The indigenous folk, an openly friendly lot whose ancestors had crossed the Bering Land Bridge from Asia into North America some 10,000 or so years prior, had no way of knowing Colón’s intentions when they greeted him and his equally pale-skinned cohorts with as much hospitality as they did awe. These natives—Arawak by name, although Colón’s mistaken identification persists to this day—offered all types of assistance to the newcomers, including directions to Cubanacán, a larger mass of land about a hundred miles to the south.


Colón, still believing his calculations to be correct and that he was in Asia, set sail a few days later and upon landing at the larger island, sent a delegation ashore to demand gold from the Emperor of China. Needless to say, he never found the Emperor, or any other Chinese for that matter, but instead encountered three other groups of Arawak: the Siboney, the Mayari and the Taino.

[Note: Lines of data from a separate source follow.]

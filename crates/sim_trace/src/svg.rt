//! A chart as a picture.

use crate::builder::chart_of;
use crate::chart::{Arrow, ArrowStyle, Bar, Caption, Chart, Fate, Mark, MarkStyle, Note};
use crate::escaping::put_letter;
use sim_happenings::ScriptRecord;
use std::alloc::{AllocError, Global};

// The height of a row and of what stands above the first, the width of a letter of a label and of a line of the script, and the most
// letters of such a line that are drawn.
const ROW: u64 = 18;

const HEAD: u64 = 52;

const LETTER: u64 = 6;

const MOST_LETTERS: usize = 56;
// How far apart lanes stand: at least, and at most.
const LEAST_GAP: u64 = 150;

const MOST_GAP: u64 = 420;

const BAR: u64 = 7;

const STYLE: &str =
    "<style>text{font:11px sans-serif;fill:#222;paint-order:stroke;stroke:#fff;stroke-width:3px;stroke-linejoin:round}\
.line{font:11px monospace;fill:#666}.name{font:bold 13px sans-serif;text-anchor:middle}.end{text-anchor:end}\
.life{stroke:#999}.rule{stroke:#eee}.call{stroke:#1a4f8a;fill:none}.lease{stroke:#2e7d32;fill:none}.conn{stroke:#888;fill:none}\
.way{stroke-dasharray:4 3}.lost{stroke:#c62828;stroke-width:2}.t-call{fill:#1a4f8a}.t-lease{fill:#2e7d32}.t-conn{fill:#666}\
.t-failed{fill:#c62828}.bar{fill:#a5d6a7;stroke:#2e7d32}.box{fill:#f2f2f2;stroke:#999}</style>\n";

const HEADS: &str =
    "<defs><marker id=\"a\" viewBox=\"0 0 8 8\" refX=\"8\" refY=\"4\" markerWidth=\"7\" markerHeight=\"7\" orient=\"auto\">\
<path d=\"M0 0L8 4L0 8z\" fill=\"#555\"/></marker></defs>\n";

// Where things stand in the picture.
#[derive(Clone, Copy)]
struct Sheet {
    left: u64,
    gap: u64,
    width: u64,
    height: u64,
}

/// Returns the picture, as SVG: on the left the lines of the script, and beside them a line that goes down for each space. Frames of calls
/// are blue, those of leases green, and connections grey; what is on its way at the end is dashed, and what is lost ends in a red cross.
/// A bar at an owner is a lease that it granted, on the side away from the client.
pub fn put_svg(alloc: Global, record: &ScriptRecord) -> Result<String, AllocError> {
    let chart = chart_of(alloc, record)?;
    let sheet = sheet_of(&chart, record.names());
    let mut out = String::new(alloc);
    put_head(&mut out, sheet)?;
    for (lane, name) in record.names().iter().enumerate() {
        put_lane(&mut out, sheet, lane, name)?;
    }
    put_captions(&mut out, sheet, &chart.captions)?;
    for bar in &chart.bars {
        put_bar(&mut out, sheet, bar)?;
    }
    for arrow in &chart.arrows {
        put_line(&mut out, sheet, arrow)?;
    }
    put_marks(&mut out, sheet, &chart.marks)?;
    for note in &chart.notes {
        put_note(&mut out, sheet, note)?;
    }
    for arrow in &chart.arrows {
        put_label(&mut out, sheet, arrow)?;
    }
    out.push_str("</svg>\n")?;
    Ok(out)
}

fn sheet_of(chart: &Chart, names: &[String]) -> Sheet {
    let (lines, arrows, marks) = (&chart.captions, &chart.arrows, &chart.marks);
    let lines = lines.iter().map(|it| it.text.len()).max().unwrap_or(0);
    let arrows = arrows.iter().map(|it| it.label.len()).max().unwrap_or(0);
    let marks = marks.iter().map(|it| it.label.len()).max().unwrap_or(0);
    let names_letters = names.iter().map(|it| it.len()).max().unwrap_or(0);
    let letters = arrows.max(marks).max(names_letters).min(80) as u64;
    let gap = (letters * LETTER + 40).clamp(LEAST_GAP, MOST_GAP);
    let lines = lines.min(MOST_LETTERS + 8) as u64;
    let left = widest(&chart.notes).saturating_add(lines * (LETTER + 1) + 60);
    Sheet {
        left,
        gap,
        width: placed(names.len(), gap, left),
        height: placed(chart.rows, ROW, HEAD + 2 * ROW),
    }
}

// How far notes reach away from the line that they stand at.
fn widest(notes: &[Note]) -> u64 {
    let mut most: u64 = 0;
    for note in notes {
        let letters = note.text.len().min(80) as u64;
        most = most.max(placed(note.slots, BAR, letters * LETTER));
    }
    most
}

// A place: so many steps after the first one.
fn placed(steps: usize, step: u64, first: u64) -> u64 {
    (steps as u64).saturating_mul(step).saturating_add(first)
}

impl Sheet {
    fn x(self, lane: usize) -> u64 {
        placed(lane, self.gap, self.left)
    }

    fn y(self, row: usize) -> u64 {
        placed(row, ROW, HEAD)
    }

    // The end of the lanes.
    fn bottom(self) -> u64 {
        self.height.saturating_sub(ROW)
    }
}

fn put_head(out: &mut String, sheet: Sheet) -> Result<(), AllocError> {
    let (width, height) = (sheet.width, sheet.height);
    write!(
        out,
        "<svg xmlns=\"http://www.w3.org/2000/svg\" width=\"{width}\" height=\"{height}\" viewBox=\"0 0 {width} {height}\">\n"
    )?;
    out.push_str(STYLE)?;
    out.push_str(HEADS)?;
    out.push_str("<rect width=\"100%\" height=\"100%\" fill=\"#fff\"/>\n")
}

// A space: its name, and the line that goes down from it.
fn put_lane(out: &mut String, sheet: Sheet, lane: usize, name: &str) -> Result<(), AllocError> {
    let (x, bottom) = (sheet.x(lane), sheet.bottom());
    let width = longest_name(name).max(60);
    let corner = x.saturating_sub(width / 2);
    write!(out, "<path class=\"life\" d=\"M{x} 34V{bottom}\"/>")?;
    write!(
        out,
        "<rect class=\"box\" x=\"{corner}\" y=\"12\" width=\"{width}\" height=\"22\" rx=\"4\"/>"
    )?;
    write!(out, "<text class=\"name\" x=\"{x}\" y=\"28\">")?;
    put_short(out, name)?;
    out.push_str("</text>\n")
}

// How wide the name of a space is.
fn longest_name(name: &str) -> u64 {
    (name.len().min(MOST_LETTERS) as u64) * 9 + 12
}

// A text of which a label has the front.
fn put_short(out: &mut String, text: &str) -> Result<(), AllocError> {
    for (index, letter) in text.char_indices() {
        if index >= 80 {
            return out.push_str("..");
        }
        put_letter(out, letter)?;
    }
    Ok(())
}

// The lines of the script, each beside what it lets happen.
fn put_captions(out: &mut String, sheet: Sheet, captions: &[Caption]) -> Result<(), AllocError> {
    for caption in captions {
        let y = sheet.y(caption.row);
        let (rule, low) = (y.saturating_sub(13), y.saturating_add(4));
        let (width, number) = (sheet.width, caption.number);
        write!(out, "<path class=\"rule\" d=\"M0 {rule}H{width}\"/>")?;
        write!(out, "<text class=\"line\" x=\"8\" y=\"{low}\">{number}: ")?;
        put_short(out, &caption.text)?;
        out.push_str("</text>\n")?;
    }
    Ok(())
}

// A lease: a bar beside the line of its owner.
fn put_bar(out: &mut String, sheet: Sheet, bar: &Bar) -> Result<(), AllocError> {
    let (x, away) = (sheet.x(bar.owner), placed(bar.slot, BAR, 4));
    let corner = if bar.is_right() {
        x.saturating_add(away)
    } else {
        x.saturating_sub(away).saturating_sub(BAR - 2)
    };
    let top = sheet.y(bar.row);
    let bottom = match bar.end {
        Some((row, _)) => sheet.y(row),
        None => sheet.bottom(),
    };
    let height = bottom.saturating_sub(top).max(2);
    write!(
        out,
        "<rect class=\"bar\" x=\"{corner}\" y=\"{top}\" width=\"5\" height=\"{height}\"/>\n"
    )
}

// What is told of leases, beyond the bars of its side.
fn put_note(out: &mut String, sheet: Sheet, note: &Note) -> Result<(), AllocError> {
    let (x, away) = (sheet.x(note.owner), placed(note.slots, BAR, 5));
    let low = sheet.y(note.row).saturating_add(4);
    if note.is_right {
        let edge = x.saturating_add(away);
        write!(out, "<text class=\"t-lease\" x=\"{edge}\" y=\"{low}\">")?;
    } else {
        let edge = x.saturating_sub(away);
        write!(out, "<text class=\"t-lease end\" x=\"{edge}\" y=\"{low}\">")?;
    }
    put_short(out, &note.text)?;
    out.push_str("</text>\n")
}

fn class_of(style: ArrowStyle) -> &'static str {
    match style {
        ArrowStyle::Call => "call",
        ArrowStyle::Lease => "lease",
        ArrowStyle::Connection => "conn",
    }
}

// What goes from one space to another: a line to where it comes, or to the middle between them.
fn put_line(out: &mut String, sheet: Sheet, arrow: &Arrow) -> Result<(), AllocError> {
    let (from, to) = (sheet.x(arrow.from), sheet.x(arrow.to));
    let middle = from.saturating_add(to) / 2;
    let (start, class) = (sheet.y(arrow.row), class_of(arrow.style));
    match arrow.fate {
        Fate::Came(row) => {
            let end = sheet.y(row);
            write!(
                out,
                "<path class=\"{class}\" marker-end=\"url(#a)\" d=\"M{from} {start}L{to} {end}\"/>\n"
            )
        }
        Fate::OnItsWay => {
            let end = start.saturating_add(ROW);
            write!(
                out,
                "<path class=\"{class} way\" d=\"M{from} {start}L{middle} {end}\"/>\n"
            )
        }
        Fate::Lost(row) => put_lost(out, class, from, start, middle, sheet.y(row)),
    }
}

// A line that ends in a cross.
fn put_lost(
    out: &mut String,
    class: &str,
    from: u64,
    start: u64,
    x: u64,
    y: u64,
) -> Result<(), AllocError> {
    let (left, right) = (x.saturating_sub(5), x.saturating_add(5));
    let (top, low) = (y.saturating_sub(5), y.saturating_add(5));
    write!(
        out,
        "<path class=\"{class}\" d=\"M{from} {start}L{x} {y}\"/>"
    )?;
    write!(
        out,
        "<path class=\"lost\" d=\"M{left} {top}L{right} {low}M{left} {low}L{right} {top}\"/>\n"
    )
}

// What an arrow is, beside the space that it leaves.
fn put_label(out: &mut String, sheet: Sheet, arrow: &Arrow) -> Result<(), AllocError> {
    let (from, class) = (sheet.x(arrow.from), class_of(arrow.style));
    let y = sheet.y(arrow.row).saturating_sub(3);
    if arrow.from < arrow.to {
        let x = from.saturating_add(10);
        write!(out, "<text class=\"t-{class}\" x=\"{x}\" y=\"{y}\">")?;
    } else {
        let x = from.saturating_sub(10);
        write!(out, "<text class=\"t-{class} end\" x=\"{x}\" y=\"{y}\">")?;
    }
    put_short(out, &arrow.label)?;
    out.push_str("</text>\n")
}

// What happens at one space: a dot, and what it is beside it.
fn put_marks(out: &mut String, sheet: Sheet, marks: &[Mark]) -> Result<(), AllocError> {
    for mark in marks {
        let (x, y) = (sheet.x(mark.lane), sheet.y(mark.row));
        let class = match mark.style {
            MarkStyle::Failed => "t-failed",
            MarkStyle::Owner => "t-lease",
            MarkStyle::Obeyed | MarkStyle::Task => "t-call",
        };
        let (beside, low) = (x.saturating_add(8), y.saturating_add(4));
        write!(
            out,
            "<circle class=\"{class}\" cx=\"{x}\" cy=\"{y}\" r=\"3\"/>"
        )?;
        write!(out, "<text class=\"{class}\" x=\"{beside}\" y=\"{low}\">")?;
        put_short(out, &mark.label)?;
        out.push_str("</text>\n")?;
    }
    Ok(())
}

Not long after arriving on Cubanacán (or “Cuba,” for short), Colón and his men sailed eastward until they landed on yet another island, this one also claimed in the name of Spain and her Catholic monarchs. Christening it “La Hispaniola,” Colón decided to return to Spain and tell the King and Queen of his amazing “discovery,” leaving 39 of his men behind while he sailed back to Europe.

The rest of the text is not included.